Ubrana w białą sukienkę za kolano i jasne balerinki z obcasikiem przejrzałam się ostatni raz w lustrze i uśmiechnęłam się do siebie. Koło mnie stała Emily w różowej sukieneczce. Zaczęłam robić jej dobieranego. Za pół godziny mają przyjść państwo Verdas ze swoim synalkiem. Po uczesaniu Emily zeszłyśmy na dół. Emily poszła do taty, a ja z mamą poprawiałyśmy zastawę stołową, by wszystko było idealne. Po kilkunastu minutach do drzwi ktoś zapukał. Mój tata podszedł do drzwi, a następnie je uchylił. Emily stanęła przy mnie i przytuliła się do moich nóg.
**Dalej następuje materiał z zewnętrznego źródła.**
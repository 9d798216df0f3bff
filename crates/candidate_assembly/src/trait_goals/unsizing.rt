//! Unsizing: how a value of one type becomes one of another whose size is known at run time alone.

ghost use Rattle.std.specs.Prelude.{◌≡◌, [], ◌∷◌, Some, false, length, true, map, IfErr, IfOk, IfSome};
ghost use Rattle.ir_trees.specs.Declarations.Context.{Grows, world};
ghost use Rattle.ir_trees.specs.Declarations.Declaring.{adt_at};
ghost use Rattle.ir_trees.specs.Hierarchy.Elaboration.{number_listed};
ghost use Rattle.ir_trees.specs.Instantiation.Folding.{lacks_argument};
ghost use Rattle.ir_trees.specs.Declarations.Lookups.{maybe};
ghost use Rattle.ir_trees.specs.Syntax.Trees.{TypeKind, is_param, none, tree_holds};
ghost use Rattle.ir_trees.specs.Validity.WellFormed.{TypesFit};
ghost use Rattle.ir_trees.specs.Syntax.Words.{ClauseListFits, IsArgs, IsClause, IsParamEnv, IsTy, args_forest, clause_tree, env_forest, ty_tree};
ghost use Rattle.ir_trees.specs.Declarations.Worlds.{AdtSort, TraitSort, kinds_of, parameters};
ghost use Rattle.ir_trees.specs.declared.ir.heads.Builtin.TheVariants as B;
ghost use Rattle.ir_trees.specs.declared.ir.heads.Head.TheVariants as H;
ghost use Rattle.ir_trees.specs.declared.ir.kinds.PredicatePolarity.TheVariants as Pol;
ghost use Rattle.candidate_eval.specs.Interface.Accounts.{by_stop};
ghost use Rattle.candidate_eval.specs.Interface.Evaluators.{HasTree};
ghost use Rattle.candidate_eval.specs.Interface.Unmade.{IsUnmade};
ghost use Rattle.candidate_eval.specs.Dynamic.ObjectRequirements.{first_tree};
ghost use Rattle.candidate_eval.specs.Builtins.Tables.{last_of, optional};
ghost use Rattle.candidate_eval.specs.Interface.Shown.{Keeps, view};
ghost use Rattle.candidate_assembly.specs.Rules.BuiltinRules.{holds_of, self_of, pair_of};
ghost use Rattle.candidate_assembly.specs.Answers.Telling.{HaveNoParameter};
ghost use Rattle.candidate_assembly.specs.Goals.TraitGoals.{trait_goal};
ghost use Rattle.candidate_assembly.specs.Rules.Unsizing.{array_to_slice, equal_rule, has_elements, mixed, mixed_list, struct_to_struct, tail_of, unsizing_parameters};
ghost use Rattle.candidate_assembly.specs.Answers.Shown.{Considers, StopsOfItself, TellsRule};
ghost use Rattle.candidate_assembly.specs.Goals.KindShown.{IsGoal, trait_kind};
ghost use Rattle.candidate_assembly.specs.Calls.Seen.{mixed_struct, tail_unsizes};

use crate::assembly::steps::{nest_and_respond, with_head_usages};
use candidate_eval::eval::certainty::Certainty;
use candidate_eval::eval::clauses::self_ty;
use candidate_eval::eval::context::{EvalCtxt, ProbeKind};
use candidate_eval::eval::refusal::NoSolutionOrStop;
use candidate_eval::eval::response::Candidate;
use candidate_eval::eval::source::{BuiltinImplSource, CandidateSource};
use ir_context::decl::Cx;
use ir_context::decl::make::{Build, Make};
use ir_folds::decl::subst::subst;
use ir_trees::ir::kinds::{
    AdtId, Args, Binder, Clause, ClauseKind, GenericArg, GoalSource, ParamEnv, PredicatePolarity,
    TraitId, TraitPredicate, TraitRef, Ty, TyKind,
};
use ir_trees::ir::stop::Stop;
use ir_trees::ir::trees::Trees;
use std::alloc::{AllocError, Global};

/// The candidate where two types are the same and the clauses hold. It is called in a probe.
fn try_equal<E: EvalCtxt>(
    alloc: Global,
    ecx: &mut E,
    env: ParamEnv,
    left: Ty,
    right: Ty,
    nested: &[Clause],
) -> Result<Candidate, NoSolutionOrStop>
    requires env { IsParamEnv (E.context ecx.old).trees env }
    requires left { IsTy (E.context ecx.old).trees left }
    requires right { IsTy (E.context ecx.old).trees right }
    requires nested { ClauseListFits (E.context ecx.old).trees nested.now }
    requires free { HaveNoParameter (E.context ecx.old).trees nested.now }
    requires left_free { tree_holds is_param (ty_tree (E.context ecx.old).trees left) ≡ false }
    requires right_free { tree_holds is_param (ty_tree (E.context ecx.old).trees right) ≡ false }
    ensures kept { Keeps E.EvalCtxt ecx.old ecx.new }
    ensures told { TellsRule E.EvalCtxt ecx.old ecx.new (λ V. equal_rule (env_forest V.trees env) (ty_tree V.trees left) (ty_tree V.trees right) (map (clause_tree V.trees) nested.now)) result }
    ensures cause { IfErr result (by_stop (StopsOfItself E.EvalCtxt ecx.old ecx.new)) }
{
    ecx.eq(env, GenericArg::Ty(left), GenericArg::Ty(right))?;
    let source = CandidateSource::BuiltinImpl(BuiltinImplSource::Misc);
    let nested_source = GoalSource::ImplWhereBound;
    nest_and_respond(
        alloc,
        ecx,
        env,
        nested_source,
        nested,
        source,
        Certainty::Yes,
    )
}

/// The candidate where two types are the same and the clauses hold, in a probe.
fn consider_equal<E: EvalCtxt>(
    alloc: Global,
    ecx: &mut E,
    env: ParamEnv,
    left: Ty,
    right: Ty,
    nested: &[Clause],
) -> Result<Candidate, NoSolutionOrStop>
    requires env { IsParamEnv (E.context ecx.old).trees env }
    requires left { IsTy (E.context ecx.old).trees left }
    requires right { IsTy (E.context ecx.old).trees right }
    requires nested { ClauseListFits (E.context ecx.old).trees nested.now }
    requires free { HaveNoParameter (E.context ecx.old).trees nested.now }
    requires left_free { tree_holds is_param (ty_tree (E.context ecx.old).trees left) ≡ false }
    requires right_free { tree_holds is_param (ty_tree (E.context ecx.old).trees right) ≡ false }
    ensures { Considers E.EvalCtxt ecx.old ecx.new (λ V. equal_rule (env_forest V.trees env) (ty_tree V.trees left) (ty_tree V.trees right) (map (clause_tree V.trees) nested.now)) result }
{
    let probe = ecx.begin_probe(ProbeKind::Kept)?;
    let answer = try_equal(alloc, ecx, env, left, right, nested);
    let usages = ecx.end_probe(probe);
    with_head_usages(answer, usages)
}

/// The type of the elements of an array or a slice.
fn element(cx: &Cx, ty: Ty) -> Ty
    requires sort { IsTy cx.now.trees ty }
    requires elements { has_elements (ty_tree cx.now.trees ty).head ≡ true }
    ensures sort { IsTy cx.now.trees result }
    ensures tree { ty_tree cx.now.trees result ≡ first_tree (ty_tree cx.now.trees ty).children }
{
    match cx.kind(ty) {
        TyKind::Array(element, _) | TyKind::Slice(element) => element,
        _ => unreachable!(),
    }
}

/// The goal's self type, an array, unsizes to the target, a slice in normal form: they have the same elements.
///
/// The state is left alike the one before. `NoSolution` comes where the elements can't be equated, and where the evaluator refuses; the stops
/// are the evaluator's.
pub(crate) fn unsize_array<E: EvalCtxt>(
    alloc: Global,
    ecx: &mut E,
    env: ParamEnv,
    predicate: TraitPredicate,
    target: Ty,
) -> Result<Candidate, NoSolutionOrStop>
    requires goal { IsGoal trait_kind (E.context ecx.old) env predicate }
    requires target { IsTy (E.context ecx.old).trees target }
    requires free { tree_holds is_param (ty_tree (E.context ecx.old).trees target) ≡ false }
    requires array { (self_of (trait_goal (E.context ecx.old).trees env predicate)).head ≡ H.Builtin B.Array }
    requires slice { (ty_tree (E.context ecx.old).trees target).head ≡ H.Builtin B.Slice }
    ensures { Considers E.EvalCtxt ecx.old ecx.new (λ V. let goal = trait_goal V.trees env predicate in array_to_slice goal (self_of goal) (ty_tree V.trees target)) result }
{
    let ty = self_ty(ecx.cx(), predicate.trait_ref);
    let left = element(ecx.cx(), ty);
    let right = element(ecx.cx(), target);
    consider_equal(alloc, ecx, env, left, right, &[])
}

/// That the one type unsizes to the other, as a clause under an empty binder. `Stop::Memory` comes where a growth was refused,
/// `Stop::NodesFull` where a node was not made.
fn unsizes<M: Make>(make: &mut M, unsize: TraitId, from: Ty, to: Ty) -> Result<Clause, Stop>
    requires from { IsTy (M.context make.old).trees from }
    requires to { IsTy (M.context make.old).trees to }
    requires takes_a_type { parameters (world (M.context make.old)) TraitSort unsize.0 ≡ Some (TypeKind ∷ []) }
    ensures grows { Grows (M.context make.old) (M.context make.new) }
    ensures rest { M.rest make.new ≡ M.rest make.old }
    ensures sort { IfOk result (λ x. IsClause (M.context make.new).trees x) }
    ensures tree { let ts = (M.context make.old).trees in IfOk result (λ x. clause_tree (M.context make.new).trees x ≡ holds_of unsize Pol.Positive none (pair_of (ty_tree ts from) (ty_tree ts to))) }
    ensures cause { IfErr result (IsUnmade (M.context make.old) (M.context make.new)) }
{
    let args = make.mk_args(&[GenericArg::Ty(from), GenericArg::Ty(to)])?;
    let vars = make.mk_vars(&[])?;
    make.mk_clause(Binder {
        vars,
        value: ClauseKind::Trait(TraitPredicate {
            trait_ref: TraitRef {
                def_id: unsize,
                args,
            },
            polarity: PredicatePolarity::Positive,
        }),
    })
}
Pogłaskałam ją po główce.
- Witajcie – wszyscy zaczęli się witać ze sobą.
Mama Leona przywitała się z Emily, a na koniec ze mną. Przywitałam się z mężem pani Verdas uściskiem dłoni. Mężczyzna posłał Emily promienny uśmiech wyciągnął w jej stronę rękę, którą uścisnęła, a następnie przylgnęła do mnie z powrotem. Po chwili sam Leon Verdas pojawił się przy mnie. Kucnął przy Emily i przywitał się z nią. Dziewczynka dała mu buziaka w policzek. Chłopak podniósł się i spojrzał na mnie. Przez chwilę mierzyliśmy się wzrokiem. Po chwili postanowiłam przerwać tę ciszę.
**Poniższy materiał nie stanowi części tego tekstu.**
// A record's fields in three words of 64 bits; the time runs from the second into the third.
#![tactic(auto)]

ghost use Rattle.std.specs.Prelude.{◌≡◌, [], ◌∷◌, ◌%◌, ◌^◌, ◌<◌};
ghost use Rattle.octets.specs.Fields.{join};
ghost use Rattle.packing.specs.InWords.{third_widths, event_of_words, Fitted, Packed};

use model::{Event, Lrn, Tn};

#[derive(Clone, Copy)]
pub struct RecordWords {
    pub first: u64,
    pub second: u64,
    pub third: u64,
}

pub fn unpack(first: u64, second: u64, third: u64) -> Event
    ensures { result ≡ event_of_words first second third }
{
    let tn = Tn((first >> 0) % 0x4_0000_0000);
    let lrn = Lrn((second >> 30) % 0x4_0000_0000);
    Event {
        kind: ((first >> 56) % 256) as u8,
        sender: ((first >> 50) % 64) as u8,
        other: ((first >> 44) % 64) as u8,
        mark: ((first >> 42) % 4) as u8,
        cause: ((first >> 34) % 256) as u8,
        tn,
        lrn,
        version: ((second >> 14) % 65536) as u16,
        time: (((second >> 0) % 16384) * 262144 + (third >> 46) % 262144) as u32,
        due: ((third >> 14) % 4294967296) as u32,
        within: ((third >> 13) % 2) as u8,
    }
}

// The time's low part, due and the version type.
fn third_of(e: Event) -> u64
    requires { e.within < 2 }
    ensures { result ≡ join third_widths (e.time % 2 ^ 18 ∷ e.due ∷ e.within ∷ 0 ∷ []) }
{
    let t = e.time as u64;
    let d = e.due as u64;
    (((t % 262144) * 4294967296 + d) * 2 + e.within as u64) * 8192
}

pub fn pack(e: Event) -> RecordWords
    requires { Fitted e }
    ensures { Packed e result.first result.second result.third }
{
    let t = e.time as u64;
    let head = (((e.kind as u64) * 64 + e.sender as u64) * 64 + e.other as u64) * 4 + e.mark as u64;
    let third = third_of(e);
    RecordWords {
        first: (head * 256 + e.cause as u64) * 0x4_0000_0000 + e.tn.0,
        second: (e.lrn.0 * 65536 + e.version as u64) * 16384 + t / 262144,
        third,
    }
}
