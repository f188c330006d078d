// A case as words: operation, number of lists, the lists, number place detail, number of lent lists,
// and the lent lists after the call. A list is its count and its words.
#![tactic(auto)]

ghost use Rattle.std.specs.Prelude.{◌≡◌, true, ◌+◌, ◌≤◌, max, length, get_or};
ghost use Rattle.sorts.specs.Sorts.{edition, edition_given};
ghost use Rattle.cases.specs.Case.{after, after_lists, list_at, given, answer_at, answer, expected, has_shape};

use answers::Words;

// The longest line, and so the longest list: a line has no more words.
pub const ROOM: usize = 1024;

// The word at a place, and 0 past the end.
fn word_at(words: &[u64], at: usize) -> u64
    ensures word { result ≡ get_or words.now at 0 }
{
    words.get(at).copied().unwrap_or(0)
}

// The place after the list whose count stands at a place.
fn after_list(words: &[u64], at: usize) -> usize
    ensures place { (result ≡ after words.now at) × (result ≤ length words.now + 1) }
{
    let count = word_at(words, at) as usize;
    at.saturating_add(1)
        .saturating_add(count)
        .min(words.len() + 1)
}

// The place after so many lists.
fn after_lists(words: &[u64], from: usize, lists: usize) -> usize
    ensures place { result ≡ after_lists words.now from lists }
    ensures most { result ≤ max from (length words.now + 1) }
{
    let mut at = from;
    for _ in 0..lists {
        at = after_list(words, at);
    }
    at
}

// The list whose count stands at a place.
#[tactic(auto, unfolding(crate::specs::Case::list_at))]
fn list_at(words: &[u64], at: usize) -> &[u64]
    ensures list { result.now ≡ list_at words.now at }
{
    let rest = words.get(at.saturating_add(1)..).unwrap_or(&[]);
    rest.get(..word_at(words, at) as usize).unwrap_or(rest)
}

// Where the expected answer stands.
fn answer_at(words: &[u64]) -> usize
    ensures place { (result ≡ answer_at words.now) × (result ≤ length words.now + 2) }
{
    let lists = word_at(words, 1);
    after_lists(words, 2, lists as usize)
}

// Whether a case has so many lists, so many lent lists, and nothing else.
#[tactic(auto, unfolding(crate::specs::Case::has_shape))]
pub fn has_shape(words: &[u64], lists: u64, lent: u64) -> bool
    ensures shape { result ≡ has_shape words.now lists lent }
{
    if word_at(words, 1) != lists {
        return false;
    }
    let at = answer_at(words);
    word_at(words, at + 3) == lent && after_lists(words, at + 4, lent as usize) == words.len()
}

// List k of the call.
#[tactic(auto, using(crate::proofs::Case::list_fits))]
pub fn given(words: &[u64], k: usize) -> &[u64]
    ensures list { result.now ≡ given words.now k }
    ensures fits { length result.now ≤ length words.now }
{
    list_at(words, after_lists(words, 2, k))
}

// Lent list k as it must be after the call.
pub fn expected(words: &[u64], k: usize) -> &[u64]
    ensures list { result.now ≡ expected words.now k }
{
    let at = answer_at(words);
    list_at(words, after_lists(words, at + 4, k))
}

// Whether the answer is the expected one.
pub fn same_answer(words: &[u64], a: Words) -> bool
    ensures equal { (result ≡ true → a ≡ answer words.now) × (a ≡ answer words.now → result ≡ true) }
{
    let at = answer_at(words);
    let number = word_at(words, at);
    let place = word_at(words, at + 1);
    let detail = word_at(words, at + 2);
    a == Words {
        number,
        place,
        detail,
    }
}

// Whether a list is lent list k as it must be after the call.
pub fn same_lent(words: &[u64], k: usize, list: &[u64]) -> bool
    ensures equal { (result ≡ true → list.now ≡ expected words.now k)
        × (list.now ≡ expected words.now k → result ≡ true) }
{
    list == expected(words, k)
}

// Whether two lists are lent lists k and k + 1.
pub fn same_both(words: &[u64], k: usize, a: &[u64], b: &[u64]) -> bool
    requires { k ≤ 2 }
    ensures equal { (result ≡ true → (a.now ≡ expected words.now k) × (b.now ≡ expected
        words.now (k + 1))) × ((a.now ≡ expected words.now k) × (b.now ≡ expected words.now
        (k + 1)) → result ≡ true) }
{
    same_lent(words, k, a) && same_lent(words, k + 1, b)
}

// List k as the table that gives arrays their sorts, none in a first edition.
pub fn sorts_given(words: &[u64], second: bool, k: usize) -> Option<&[u64]>
    ensures edition { edition_given result ≡ edition second (given words.now k) }
{
    if second {
        return Some(given(words, k));
    }
    None
}
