use conda_base::{Text, digits_u64};
use conda_spec::{Spec, SpecErr};
use conda_version::Version;
use std::alloc::{AllocError, Global};

/// The rows of conda_spec.
pub fn answer(alloc: Global, call: &str, arguments: &[Text]) -> Result<Option<String>, AllocError> {
    match (call, arguments) {
        ("spec", [text]) => form(alloc, text.as_str()),
        ("spec.glob", [text]) => glob(alloc, text.as_str()),
        ("spec.names", [text, name, version, build, number, channel, subdir]) => {
            let looks = Looks {
                name,
                build,
                number,
                channel,
                subdir,
            };
            names(alloc, text.as_str(), version.as_str(), &looks)
        }
        _ => Ok(None),
    }
}

/// What a package is looked at by, beside its version.
#[derive(Drop)]
struct Looks<'a> {
    name: &'a Text,
    build: &'a Text,
    number: &'a Text,
    channel: &'a Text,
    subdir: &'a Text,
}

fn yes_or_no(alloc: Global, yes: bool) -> Result<Option<String>, AllocError> {
    let word = if yes { "yes" } else { "no" };
    Ok(Some(String::from_str(alloc, word)?))
}

/// The first fault and its place.
fn fault(alloc: Global, err: SpecErr) -> Result<Option<String>, AllocError> {
    match err {
        SpecErr::BadSpec { at, why } => Ok(Some(format!(in alloc; "{why} at {at}")?)),
        SpecErr::Memory => Err(AllocError),
    }
}

/// The normal form, as a copy of the specification writes it.
fn form(alloc: Global, text: &str) -> Result<Option<String>, AllocError> {
    match Spec::read(alloc, text) {
        Ok(spec) => match spec.clone()?.text(alloc) {
            Ok(form) => Ok(Some(form)),
            Err(err) => fault(alloc, err),
        },
        Err(err) => fault(alloc, err),
    }
}

fn glob(alloc: Global, text: &str) -> Result<Option<String>, AllocError> {
    match Spec::read(alloc, text) {
        Ok(spec) => yes_or_no(alloc, spec.has_glob()),
        Err(err) => fault(alloc, err),
    }
}

fn names(
    alloc: Global,
    text: &str,
    version: &str,
    looks: &Looks<'_>,
) -> Result<Option<String>, AllocError> {
    let (Ok(spec), Ok(version), Some(number)) = (
        Spec::read(alloc, text),
        Version::read(alloc, version),
        digits_u64(looks.number.as_str().as_bytes()),
    ) else {
        return Ok(None);
    };
    let named = spec.matches(
        looks.name.as_str(),
        &version,
        looks.build.as_str(),
        number,
        looks.channel.as_str(),
        looks.subdir.as_str(),
    );
    yes_or_no(alloc, named)
}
- Cześć – powiedziałam dumnie.
- Cześć Violka – powiedział wyciągając w moją stronę rękę. Spojrzałam na nią i odsunęłam się od niego – Oj nie ładnie tak.
- Chrzań się – syknęłam.
- Chciałaś powiedzieć mnie. Chrzań mnie. To da się załatwić szatyneczko.
- Leon odczep się. Takie gadki to nie do mnie – powiedziałam – I nie przy dziecku – to już wyszeptałam tak, by tylko on to usłyszał. Spojrzałam na Emily.
- Zapraszam do stołu – powiedziała moja mama.
Zajęłam miejsce obok Emily. Naprzeciwko mnie usiedli państwo Verdas. Leon natomiast usiadł obok Emily. Na szczęście… Gdyby usiadł obok mnie o wbiłabym mu widelec w krocze, o ile tam coś jeszcze ma po ostatnim spotkaniu z moją nogą.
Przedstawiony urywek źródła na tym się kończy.